Generating the Dataset

This code interfaces with the pubilc MIMIC-III ICU stay database. Before using the code, you will need to apply, complete training, and download the ADMISSIONS and DIAGNOSES_ICD tables from https://physionet.org. From there, generate an empty directory data/, edit the mimic_dir variable in the file build_dataset.py, and run that file. It will generate all of the relevant data files.

Training a Model

Next, a model can be training by creating an empt save/ directory and running the train_model.py script.

Training Baseline Models

Next, any desired baseline models may be trained by changing your working directory to baselines/{baseline_model} and running the corresponding train_{baseline_model}.py script

Evaluating the Model(s)

Finally, the trained model and its synthetic data may be evaluated.
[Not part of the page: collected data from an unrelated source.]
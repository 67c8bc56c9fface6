//! How many mails a service takes, those of its client and those of the server together: by the octets that it moves and the lengths of the mailboxes.
//! Definitions and laws over the models of the four protocols, no running code: the functions here do nothing, and their contracts state the laws.

ghost use Rattle.std.specs.Prelude.{◌≡◌, ◌≤◌, ◌+◌, ◌*◌, ◌∷◌, ◌++◌, [], ℕ, Bool, true, List, length};
ghost use Rattle.slave_parts.specs.of_eoe.Cutting.{blocks_of};
ghost use Rattle.slave_parts.specs.of_exchange_model.Areas.{Areas, AreMailboxes};
ghost use Rattle.slave_parts.specs.of_exchange_model.Exchange.{Exchange, IsLawful};
ghost use Rattle.slave_parts.specs.of_exchange_model.Laws.{Moment};
ghost use Rattle.slave_parts.specs.of_exchange_model.Rows.{Row};
ghost use Rattle.slave_parts.specs.of_protocol_models.Tables as Tables;
ghost use Rattle.slave_parts.specs.of_protocol_models.CoeServer as CoeServer;
ghost use Rattle.slave_parts.specs.of_protocol_models.CoeMeaning as CoeMeaning;
ghost use Rattle.slave_parts.specs.of_protocol_models.CoeModel.{coe_exchange, is_service as is_coe_service};
ghost use Rattle.slave_parts.specs.of_protocol_models.Files as Files;
ghost use Rattle.slave_parts.specs.of_protocol_models.FoeServer as FoeServer;
ghost use Rattle.slave_parts.specs.of_protocol_models.FoeMeaning as FoeMeaning;
ghost use Rattle.slave_parts.specs.of_protocol_models.FoeModel.{foe_exchange};
ghost use Rattle.slave_parts.specs.of_protocol_models.Elements as Elements;
ghost use Rattle.slave_parts.specs.of_protocol_models.SoeServer as SoeServer;
ghost use Rattle.slave_parts.specs.of_protocol_models.SoeClient as SoeClient;
ghost use Rattle.slave_parts.specs.of_protocol_models.SoeModel.{soe_exchange, is_ready as is_soe_ready};
ghost use Rattle.slave_parts.specs.of_protocol_models.EoeMails.{packet_mails};
ghost use Rattle.slave_parts.specs.of_protocol_models.Network as Network;
ghost use Rattle.slave_parts.specs.of_protocol_models.EoeServer as EoeServer;
ghost use Rattle.slave_parts.specs.of_protocol_models.EoeClient as EoeClient;
ghost use Rattle.slave_parts.specs.of_protocol_models.EoeModel.{eoe_exchange};
ghost use Rattle.few_replies.specs.Counts.{mails_between, mails_within, coe_octets, foe_octets, foe_busy, soe_octets, eoe_mails};
ghost use Rattle.few_replies.specs.RowCounts.{AreCounted, rows_mails, rows_count as counts_of};

/// CoE: two mails for each part of the value that is moved or told, at most, two more, and what the service emits.
pub fn coe_counts<S>()
    ensures { (o : Tables.Tables S) (eoe : Bool) (areas : Areas) → Tables.AreLawful o → AreMailboxes areas → (v : CoeServer.Server S) (q : CoeMeaning.Service) → o.valid v.app ≡ true → is_coe_service q ≡ true →
        mails_between (coe_exchange o eoe areas) v q ≤ mails_within areas (coe_octets o v.app q) + length (CoeMeaning.meaning_of o eoe v.app q).emits }
{}

/// FoE: the same of a file's octets, and two for each time that the file is busy.
pub fn foe_counts<S>()
    ensures { (o : Files.Files S) (areas : Areas) → AreMailboxes areas → (v : FoeServer.Server S) (q : FoeMeaning.Service) →
        mails_between (foe_exchange o areas) v q ≤ mails_within areas (foe_octets o v.app q) + 2 * foe_busy o v.app q }
{}

/// SoE: the same of an element's octets.
pub fn soe_counts<S>()
    ensures { (o : Elements.Elements S) (areas : Areas) → Elements.AreLawful o → AreMailboxes areas → (v : SoeServer.Server S) (q : SoeClient.Service) → is_soe_ready o v ≡ true → SoeClient.is_service q ≡ true →
        mails_between (soe_exchange o areas) v q ≤ mails_within areas (soe_octets o v.app q) }
{}

/// EoE: an address service takes two mails, and a packet no more than it has blocks of 32 octets, and what the slave sends on it.
pub fn eoe_counts<S>()
    ensures between { (o : Network.Network S) (areas : Areas) → Network.IsSound o → AreMailboxes areas → (v : EoeServer.Server S) (q : EoeClient.Service) → Network.is_ready o v.station ≡ true → EoeClient.is_service q ≡ true →
        mails_between (eoe_exchange o areas) v q ≤ eoe_mails q + length (EoeClient.meaning_of o areas.back v.station q).emits }
    // the fragments of a packet, through a mailbox of any length
    ensures fragments { (room frame : ℕ) (octets : List ℕ) → 64 ≤ room → length (packet_mails room octets frame) ≤ blocks_of (length octets) }
{}

/// ROWS HAVE NO MORE MAILS THAN THEIR SERVICES COUNT, told and heard together, at each moment of a session, however its link loses frames.
pub fn rows_count<V, A, M, Q, R, K>()
    ensures { (x : Exchange V A M Q R) (shape : V → K) (count : K → Q → ℕ) → IsLawful x → AreCounted x shape count → (v : V) (front last : List (Row M Q R)) (now : Row M Q R) (held taken accepted : List M) → x.ready v ≡ true →
        Moment x v front last now held taken accepted → rows_mails (front ++ last ++ now ∷ []) ≤ counts_of (count (shape v)) (front ++ last ++ now ∷ []) }
{}
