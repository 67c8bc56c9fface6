//! The keys of a scenario's tables with what is wanted of their values and why, and the texts of values that are found.
#![tactic(auto)]

mod actions;
mod characters;
mod kinds;
mod rows;
mod services;
mod shape;
mod types;
mod values;

pub use actions::{ACTIONS, keys_of, octets_of};
pub use characters::{add_quoted, character, quoted};
pub use kinds::rows_of;
pub use shape::{Kind, Need, Row, Shape};
pub use types::{DataType, type_named, type_of};
pub use values::{found, plain};
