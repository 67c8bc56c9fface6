/// A data type of an entry.
#[derive(Clone, Copy)]
pub struct DataType {
    /// Its number, by which a scenario has it.
    pub number: i64,
    pub name: &'static str,
    /// Its octets; 0 of texts and octets, whose entries have sizes of their own.
    pub size: u64,
    pub is_signed: bool,
}

/// The data types that entries may have (ETG.1000.6, section 5.6.7.3).
const TYPES: &[DataType] = &[
    DataType {
        number: 1,
        name: "BOOLEAN",
        size: 1,
        is_signed: false,
    },
    DataType {
        number: 2,
        name: "INTEGER8",
        size: 1,
        is_signed: true,
    },
    DataType {
        number: 3,
        name: "INTEGER16",
        size: 2,
        is_signed: true,
    },
    DataType {
        number: 4,
        name: "INTEGER32",
        size: 4,
        is_signed: true,
    },
    DataType {
        number: 5,
        name: "UNSIGNED8",
        size: 1,
        is_signed: false,
    },
    DataType {
        number: 6,
        name: "UNSIGNED16",
        size: 2,
        is_signed: false,
    },
    DataType {
        number: 7,
        name: "UNSIGNED32",
        size: 4,
        is_signed: false,
    },
    DataType {
        number: 9,
        name: "VISIBLE_STRING",
        size: 0,
        is_signed: false,
    },
    DataType {
        number: 10,
        name: "OCTET_STRING",
        size: 0,
        is_signed: false,
    },
    DataType {
        number: 21,
        name: "INTEGER64",
        size: 8,
        is_signed: true,
    },
    DataType {
        number: 27,
        name: "UNSIGNED64",
        size: 8,
        is_signed: false,
    },
];

/// The data type of a number.
pub fn type_of(number: i64) -> Option<&'static DataType> {
    TYPES.iter().find(|data| data.number == number)
}

/// The data type of a name, in capital or small letters.
pub fn type_named(name: &str) -> Option<&'static DataType> {
    TYPES
        .iter()
        .find(|data| data.name.eq_ignore_ascii_case(name))
}
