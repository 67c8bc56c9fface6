//! How far the mails that are passed on come, frame by frame. Definitions and laws over lives, no running code: the functions here do nothing, and
//! their contracts state the laws.

ghost use Rattle.std.specs.Prelude.{◌≡◌, ◌≤◌, ◌*◌, ℕ, suc, Bool, false, Option, Some, List};
ghost use Rattle.slave_parts.specs.of_exchange_model.Exchange.{Speech};
ghost use Rattle.slave_parts.specs.of_segment_model.Slaves.{Datagram, Found};
ghost use Rattle.slave_parts.specs.of_segment_model.Record.{News};
ghost use Rattle.slave_parts.specs.of_segment_model.Ends.{Passing, passing_after};
ghost use Rattle.slave_parts.specs.of_state_model.Accounts.{Pick};
ghost use Rattle.slave_parts.specs.of_life_model.Lives.{Stand, Life, Spot, new_life, life_next, life_back, life_lost, gives_up, passes};
ghost use Rattle.few_replies.specs.Steps.{steps_left, life_steps, life_passed, IsUnderWay};

/// NO NEWS TAKES A MAIL THAT IS PASSED ON BACK, and each of these takes it a step on: the mail was told, its write was done, mailbox 0 was seen empty,
/// and mailbox 1 was.
pub fn passing_law<M>()
    ensures back { (emission more : M → Bool) (p : Passing) (n : News M) → steps_left (passing_after emission more p n) ≤ steps_left (Some p) }
    ensures told { (emission more : M → Bool) (m : M) → suc (steps_left (passing_after emission more Passing.Waiting (News.Told m))) ≡ steps_left (Some Passing.Waiting) }
    ensures written { (emission more : M → Bool) → suc (steps_left (passing_after emission more Passing.Sent News.Written)) ≡ steps_left (Some Passing.Sent) }
    ensures taken { (emission more : M → Bool) → suc (steps_left (passing_after emission more Passing.Boxed (News.BoxFull false))) ≡ steps_left (Some Passing.Boxed) }
    ensures empty { (emission more : M → Bool) → suc (steps_left (passing_after emission more Passing.Served News.NothingRead)) ≡ steps_left (Some Passing.Served) }
{}

/// WHAT THE MAILS PASSED ON OF A LIFE HAVE COME NEVER FALLS: neither a service that begins nor a frame that came back or was lost nor a give-up takes it
/// back. It is four steps at most for each that came into hand, and a frame whose news take the newest of them on gains.
pub fn passing_gains<M, Q, R>()
    ensures before { (x : Speech M Q R) (acknowledged : Q → Bool) (more : M → Bool) (passed : Q → Bool) (frame : ℕ) (l : Life M Q R) (pick : Pick Q) → life_steps passed (life_next x acknowledged more passed frame l l.stand pick) ≡ life_steps passed l }
    ensures grows { (x : Speech M Q R) (acknowledged : Q → Bool) (more : M → Bool) (passed : Q → Bool) (frame : ℕ) (spot : Spot) (news : List (News M)) (back : List (Datagram M)) (came : Option (Bool × Option Found)) (l : Life M Q R) →
        life_steps passed l ≤ life_steps passed (life_back x acknowledged more passed frame spot news back came l l.stand) }
    ensures lost { (x : Speech M Q R) (acknowledged : Q → Bool) (more : M → Bool) (passed : Q → Bool) (spot : Spot) (news : List (News M)) (sent : List (Datagram M)) (l : Life M Q R) → life_steps passed l ≤ life_steps passed (life_lost x acknowledged more passed spot news sent l l.stand) }
    ensures given_up { (passed : Q → Bool) (recover frame : ℕ) (spot : Spot) (l : Life M Q R) → life_steps passed (gives_up recover spot frame l) ≡ life_steps passed l }
    ensures most { (passed : Q → Bool) (l : Life M Q R) → life_steps passed l ≤ 4 * life_passed passed l }
    ensures goes_on { (x : Speech M Q R) (acknowledged : Q → Bool) (more : M → Bool) (passed : Q → Bool) (frame : ℕ) (spot : Spot) (news : List (News M)) (back : List (Datagram M)) (came : Option (Bool × Option Found)) (l : Life M Q R) →
        IsUnderWay passed l.era → suc (steps_left (passes x acknowledged more passed l.era.passing news)) ≤ steps_left l.era.passing → suc (life_steps passed l) ≤ life_steps passed (life_back x acknowledged more passed frame spot news back came l Stand.Open) }

    // A mail that is under way came into hand, at every frame of a life.
    ensures new { (passed : Q → Bool) (state : ℕ) → IsUnderWay passed (new_life {M = M} {Q = Q} {R = R} state).era }
    ensures next_under { (x : Speech M Q R) (acknowledged : Q → Bool) (more : M → Bool) (passed : Q → Bool) (frame : ℕ) (l : Life M Q R) (pick : Pick Q) → IsUnderWay passed l.era → IsUnderWay passed (life_next x acknowledged more passed frame l l.stand pick).era }
    ensures back_under { (x : Speech M Q R) (acknowledged : Q → Bool) (more : M → Bool) (passed : Q → Bool) (frame : ℕ) (spot : Spot) (news : List (News M)) (back : List (Datagram M)) (came : Option (Bool × Option Found)) (l : Life M Q R) →
        IsUnderWay passed l.era → IsUnderWay passed (life_back x acknowledged more passed frame spot news back came l l.stand).era }
    ensures lost_under { (x : Speech M Q R) (acknowledged : Q → Bool) (more : M → Bool) (passed : Q → Bool) (spot : Spot) (news : List (News M)) (sent : List (Datagram M)) (l : Life M Q R) → IsUnderWay passed l.era → IsUnderWay passed (life_lost x acknowledged more passed spot news sent l l.stand).era }
{}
Before beginning, create the following directory paths:

After these directories are created, first run the test_model.py script (along with any corresponding test_{baseline_model}.py in the directories from the previous section). This will generate perplexity, prediction, and synthetic dataset results. From there, you may run any other evaluation scripts (prefixed with evaluate_), making sure any references to unrun baseline models are commented out. All corresponding results will be printed and saved to pickle files.